=== MATERIAL FOR THIS TASK ===

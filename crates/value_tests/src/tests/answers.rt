//! What is answered to a text, as the rows have it.
ghost use Rattle.std.specs.Prelude.{◌<◌, ◌^◌, length};

use pp_eval::{Scopes, eval, facts_from_json};
use pp_parser::parse;
use pp_syntax::{Item, Manifest, Stmt, lex};
use pp_value::{Value, show};
use rh_base::{Boxed, Fault, NoMemory};
use std::alloc::Global;
use std::test::Fail;
use test_rows::{joined, refused, same, same_of};

/// Facts with an opaque number, and a map in a map.
pub const FACTS: &str = "{\"load\": 0.5, \"os\": {\"family\": \"Debian\"}}";

pub fn kind_of(value: &Value) -> &'static str {
    match value {
        Value::Undef => "undef",
        Value::Bool(_) => "truth",
        Value::Int(_) => "number",
        Value::Str(_) => "text",
        Value::List(_) => "list",
        Value::Map(_) => "map",
        Value::Refer(_) => "reference",
        Value::Opaque => "opaque",
    }
}

/// The kind of a value, and its text if it has one.
pub fn shown(alloc: Global, value: &Value) -> Result<String, NoMemory> {
    let kind = kind_of(value);
    match show(alloc, value) {
        Ok(text) => joined(alloc, &[kind, " ", text.as_str()]),
        Err(_) => joined(alloc, &[kind]),
    }
}

/// The value of a name, as it is shown, or `none`.
pub fn found(alloc: Global, scopes: &Scopes, name: &str) -> Result<String, NoMemory> {
    match scopes.find(name) {
        Some(value) => shown(alloc, value),
        None => joined(alloc, &["none"]),
    }
}

pub fn manifest_of(alloc: Global, text: &str) -> Result<Manifest, Fault>
    requires { length text.now < 2 ^ 32 }
{
    let tokens = lex(alloc, text.as_bytes())?;
    parse(alloc, &tokens)
}

/// Facts in a box: what holds a value takes the prover several times as long.
pub fn facts_of(alloc: Global, text: &[u8]) -> Result<Boxed<Value>, Fault> {
    Ok(Boxed::new(alloc, facts_from_json(alloc, text)?)?)
}

pub fn scopes_of(alloc: Global, facts: &str) -> Result<Scopes, Fault> {
    let facts = facts_of(alloc, facts.as_bytes())?;
    Ok(Scopes::new(alloc, facts.get())?)
}

/// Binds what an assignment names.
fn assign(alloc: Global, item: &Item, scopes: &mut Scopes) -> Result<(), Fault> {
    match item {
        Item::Plain(Stmt::Assign { at, name, value }) => {
            let value = eval(alloc, value, scopes)?;
            scopes.bind_or_refuse(*at, name.as_str(), value)
        }
        _ => Ok(()),
    }
}

fn assign_items(alloc: Global, items: &[Item], scopes: &mut Scopes) -> Result<(), Fault> {
    for item in items {
        assign(alloc, item, scopes)?;
    }
    Ok(())
}

/// Binds what the assignments of a manifest name, in order.
fn assign_all(alloc: Global, text: &str, scopes: &mut Scopes) -> Result<(), Fault>
    requires { length text.now < 2 ^ 32 }
{
    let manifest = manifest_of(alloc, text)?;
    assign_items(alloc, manifest.items.as_slice(), scopes)
}

/// The value of `$r` after the assignments of a manifest, or their refusal.
fn assigned_in(alloc: Global, text: &str, scopes: &mut Scopes) -> Result<String, NoMemory>
    requires { length text.now < 2 ^ 32 }
{
    match assign_all(alloc, text, scopes) {
        Ok(()) => found(alloc, scopes, "r"),
        Err(fault) => refused(alloc, &fault),
    }
}

/// The same, where a text of facts is given.
fn assigned_under(alloc: Global, facts: &str, text: &str) -> Result<String, Fault>
    requires { length text.now < 2 ^ 32 }
{
    let mut scopes = scopes_of(alloc, facts)?;
    Ok(assigned_in(alloc, text, &mut scopes)?)
}

pub fn assigned(alloc: Global, facts: &str, text: &str) -> Result<String, Fail> {
    if text.len() > 1_000_000 {
        return Err(Fail::from("a long text"));
    }
    Ok(assigned_under(alloc, facts, text)?)
}

fn is_assigned(alloc: Global, text: &str, want: &str) -> Result<(), Fail> {
    let value = assigned(alloc, FACTS, text)?;
    same(alloc, text, value.as_str(), want)
}

/// Each row: an assignment to `$r`, and the value that it gives under `FACTS`, or the refusal.
pub fn are_assigned(alloc: Global, rows: &[(&str, &str)]) -> Result<(), Fail> {
    for (text, want) in rows {
        is_assigned(alloc, *text, *want)?;
    }
    Ok(())
}

fn is_assigned_under(alloc: Global, facts: &str, text: &str, want: &str) -> Result<(), Fail> {
    let value = assigned(alloc, facts, text)?;
    same_of(alloc, &[facts, " ", text], value.as_str(), want)
}

/// Each row: facts, an assignment to `$r`, and the value that it gives under them, or the refusal.
pub fn are_assigned_under(alloc: Global, rows: &[(&str, &str, &str)]) -> Result<(), Fail> {
    for (facts, text, want) in rows {
        is_assigned_under(alloc, *facts, *text, *want)?;
    }
    Ok(())
}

===

WORK TO COMPLETE — Search the listing above for the string "long". Copy every line that contains it.

TASK RESPONSE —
/// Facts in a box: what holds a value takes the prover several times as long.
        return Err(Fail::from("a long text"));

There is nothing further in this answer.